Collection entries

[Start of section]

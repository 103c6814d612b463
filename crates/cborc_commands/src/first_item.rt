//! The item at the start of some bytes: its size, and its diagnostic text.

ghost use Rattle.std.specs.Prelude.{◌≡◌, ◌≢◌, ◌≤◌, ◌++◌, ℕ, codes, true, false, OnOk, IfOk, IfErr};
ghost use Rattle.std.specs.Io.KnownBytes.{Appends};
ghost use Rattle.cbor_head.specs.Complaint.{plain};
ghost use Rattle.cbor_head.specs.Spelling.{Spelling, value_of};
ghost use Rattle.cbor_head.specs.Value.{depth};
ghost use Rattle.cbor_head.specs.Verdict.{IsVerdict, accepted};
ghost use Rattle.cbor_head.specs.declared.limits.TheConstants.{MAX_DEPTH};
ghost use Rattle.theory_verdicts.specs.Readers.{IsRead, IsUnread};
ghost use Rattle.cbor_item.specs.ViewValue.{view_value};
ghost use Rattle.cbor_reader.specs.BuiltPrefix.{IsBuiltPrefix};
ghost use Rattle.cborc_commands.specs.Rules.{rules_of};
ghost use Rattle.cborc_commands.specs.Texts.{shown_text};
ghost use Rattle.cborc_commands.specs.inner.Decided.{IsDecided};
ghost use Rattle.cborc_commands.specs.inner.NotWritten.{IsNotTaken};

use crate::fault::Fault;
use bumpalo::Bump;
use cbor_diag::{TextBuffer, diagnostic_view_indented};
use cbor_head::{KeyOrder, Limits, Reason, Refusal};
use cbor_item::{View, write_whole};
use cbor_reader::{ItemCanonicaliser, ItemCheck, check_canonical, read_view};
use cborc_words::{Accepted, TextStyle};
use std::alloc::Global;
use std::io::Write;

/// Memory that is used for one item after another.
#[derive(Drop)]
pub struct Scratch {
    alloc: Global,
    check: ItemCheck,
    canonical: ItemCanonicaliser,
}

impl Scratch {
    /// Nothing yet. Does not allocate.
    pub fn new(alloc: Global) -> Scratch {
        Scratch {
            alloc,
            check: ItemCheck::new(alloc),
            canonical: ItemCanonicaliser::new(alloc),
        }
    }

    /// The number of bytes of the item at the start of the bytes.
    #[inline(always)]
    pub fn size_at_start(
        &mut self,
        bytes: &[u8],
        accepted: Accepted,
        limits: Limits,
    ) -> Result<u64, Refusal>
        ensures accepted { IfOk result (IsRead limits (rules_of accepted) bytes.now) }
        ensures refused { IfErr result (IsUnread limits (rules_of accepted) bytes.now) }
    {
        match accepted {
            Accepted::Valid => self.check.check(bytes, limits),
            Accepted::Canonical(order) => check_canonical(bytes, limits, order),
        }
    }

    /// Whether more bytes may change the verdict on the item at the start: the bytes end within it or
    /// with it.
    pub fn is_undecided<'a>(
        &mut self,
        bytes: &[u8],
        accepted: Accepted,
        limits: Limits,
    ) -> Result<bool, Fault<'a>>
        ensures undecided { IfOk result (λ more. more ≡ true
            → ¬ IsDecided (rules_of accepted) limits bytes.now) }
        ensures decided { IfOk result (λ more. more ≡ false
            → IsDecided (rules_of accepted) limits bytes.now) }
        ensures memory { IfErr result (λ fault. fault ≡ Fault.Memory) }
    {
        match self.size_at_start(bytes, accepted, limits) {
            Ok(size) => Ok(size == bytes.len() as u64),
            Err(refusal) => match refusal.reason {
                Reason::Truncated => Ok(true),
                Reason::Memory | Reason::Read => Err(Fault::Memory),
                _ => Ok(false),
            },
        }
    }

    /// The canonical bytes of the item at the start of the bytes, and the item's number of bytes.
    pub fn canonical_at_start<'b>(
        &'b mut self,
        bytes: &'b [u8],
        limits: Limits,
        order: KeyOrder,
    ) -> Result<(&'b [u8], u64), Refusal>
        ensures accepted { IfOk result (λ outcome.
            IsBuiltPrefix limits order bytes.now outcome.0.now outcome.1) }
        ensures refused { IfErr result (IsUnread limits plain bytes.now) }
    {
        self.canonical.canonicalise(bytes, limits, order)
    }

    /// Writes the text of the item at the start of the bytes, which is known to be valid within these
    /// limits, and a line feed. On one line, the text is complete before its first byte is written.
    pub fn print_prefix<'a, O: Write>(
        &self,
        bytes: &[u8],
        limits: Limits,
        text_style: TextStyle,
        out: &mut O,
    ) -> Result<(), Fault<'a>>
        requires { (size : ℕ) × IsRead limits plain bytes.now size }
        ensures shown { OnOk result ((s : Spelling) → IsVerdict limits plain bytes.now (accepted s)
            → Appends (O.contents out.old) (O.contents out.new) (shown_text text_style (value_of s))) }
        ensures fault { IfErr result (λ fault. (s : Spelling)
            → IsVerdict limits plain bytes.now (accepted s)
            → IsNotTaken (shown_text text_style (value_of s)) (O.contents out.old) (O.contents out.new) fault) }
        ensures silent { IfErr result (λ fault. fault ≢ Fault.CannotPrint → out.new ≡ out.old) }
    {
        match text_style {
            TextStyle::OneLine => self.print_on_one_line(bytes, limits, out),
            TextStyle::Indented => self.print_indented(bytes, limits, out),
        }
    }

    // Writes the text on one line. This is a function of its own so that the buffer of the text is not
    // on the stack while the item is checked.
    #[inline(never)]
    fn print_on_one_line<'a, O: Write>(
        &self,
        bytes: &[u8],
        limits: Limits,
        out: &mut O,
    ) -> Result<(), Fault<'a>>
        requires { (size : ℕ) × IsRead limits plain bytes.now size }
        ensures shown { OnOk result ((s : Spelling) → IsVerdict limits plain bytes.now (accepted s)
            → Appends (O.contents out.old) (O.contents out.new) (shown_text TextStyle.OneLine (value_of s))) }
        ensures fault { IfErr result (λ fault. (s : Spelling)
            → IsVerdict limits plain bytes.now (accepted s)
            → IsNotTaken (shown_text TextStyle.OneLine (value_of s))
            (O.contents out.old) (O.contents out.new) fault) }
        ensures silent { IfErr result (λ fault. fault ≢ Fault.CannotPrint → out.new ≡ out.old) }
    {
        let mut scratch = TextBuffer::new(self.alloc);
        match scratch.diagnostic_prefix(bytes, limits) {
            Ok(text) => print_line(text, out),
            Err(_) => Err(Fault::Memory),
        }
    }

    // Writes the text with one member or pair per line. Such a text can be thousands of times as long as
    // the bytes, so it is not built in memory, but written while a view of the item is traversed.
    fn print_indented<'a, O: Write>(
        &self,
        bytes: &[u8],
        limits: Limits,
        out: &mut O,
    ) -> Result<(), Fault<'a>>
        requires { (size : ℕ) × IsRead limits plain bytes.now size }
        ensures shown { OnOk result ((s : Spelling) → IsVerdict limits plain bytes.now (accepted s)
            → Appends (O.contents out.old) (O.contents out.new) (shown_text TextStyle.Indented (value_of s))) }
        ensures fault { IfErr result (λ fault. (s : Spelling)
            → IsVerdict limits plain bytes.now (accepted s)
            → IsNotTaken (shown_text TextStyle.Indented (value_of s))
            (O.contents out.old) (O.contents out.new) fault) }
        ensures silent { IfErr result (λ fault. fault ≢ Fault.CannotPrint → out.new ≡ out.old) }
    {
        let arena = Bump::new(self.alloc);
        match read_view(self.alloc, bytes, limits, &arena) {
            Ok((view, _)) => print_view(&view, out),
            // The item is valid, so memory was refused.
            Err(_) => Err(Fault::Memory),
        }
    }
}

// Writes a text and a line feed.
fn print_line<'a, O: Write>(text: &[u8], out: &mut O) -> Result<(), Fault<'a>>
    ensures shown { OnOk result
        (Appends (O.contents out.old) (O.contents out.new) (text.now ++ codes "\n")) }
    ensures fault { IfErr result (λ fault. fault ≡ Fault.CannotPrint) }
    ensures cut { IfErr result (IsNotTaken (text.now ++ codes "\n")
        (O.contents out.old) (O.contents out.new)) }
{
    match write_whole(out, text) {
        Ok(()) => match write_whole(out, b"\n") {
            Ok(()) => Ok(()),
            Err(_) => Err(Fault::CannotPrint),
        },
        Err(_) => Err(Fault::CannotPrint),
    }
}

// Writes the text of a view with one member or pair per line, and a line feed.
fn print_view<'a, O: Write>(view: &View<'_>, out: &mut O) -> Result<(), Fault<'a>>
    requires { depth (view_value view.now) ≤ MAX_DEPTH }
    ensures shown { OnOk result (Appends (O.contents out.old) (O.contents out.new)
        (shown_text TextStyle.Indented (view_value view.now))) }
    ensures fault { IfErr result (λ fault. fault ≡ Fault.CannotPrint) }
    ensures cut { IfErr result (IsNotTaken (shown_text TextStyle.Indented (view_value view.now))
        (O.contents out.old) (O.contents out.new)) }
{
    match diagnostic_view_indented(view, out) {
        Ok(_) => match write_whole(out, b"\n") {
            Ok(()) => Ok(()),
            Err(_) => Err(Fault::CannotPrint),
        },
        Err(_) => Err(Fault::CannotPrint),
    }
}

[End of section]

#### [Requirement]
Where the word "arena" appears in a line of the entries, copy that line.

#### [Answer box]
        let arena = Bump::new(self.alloc);
        match read_view(self.alloc, bytes, limits, &arena) {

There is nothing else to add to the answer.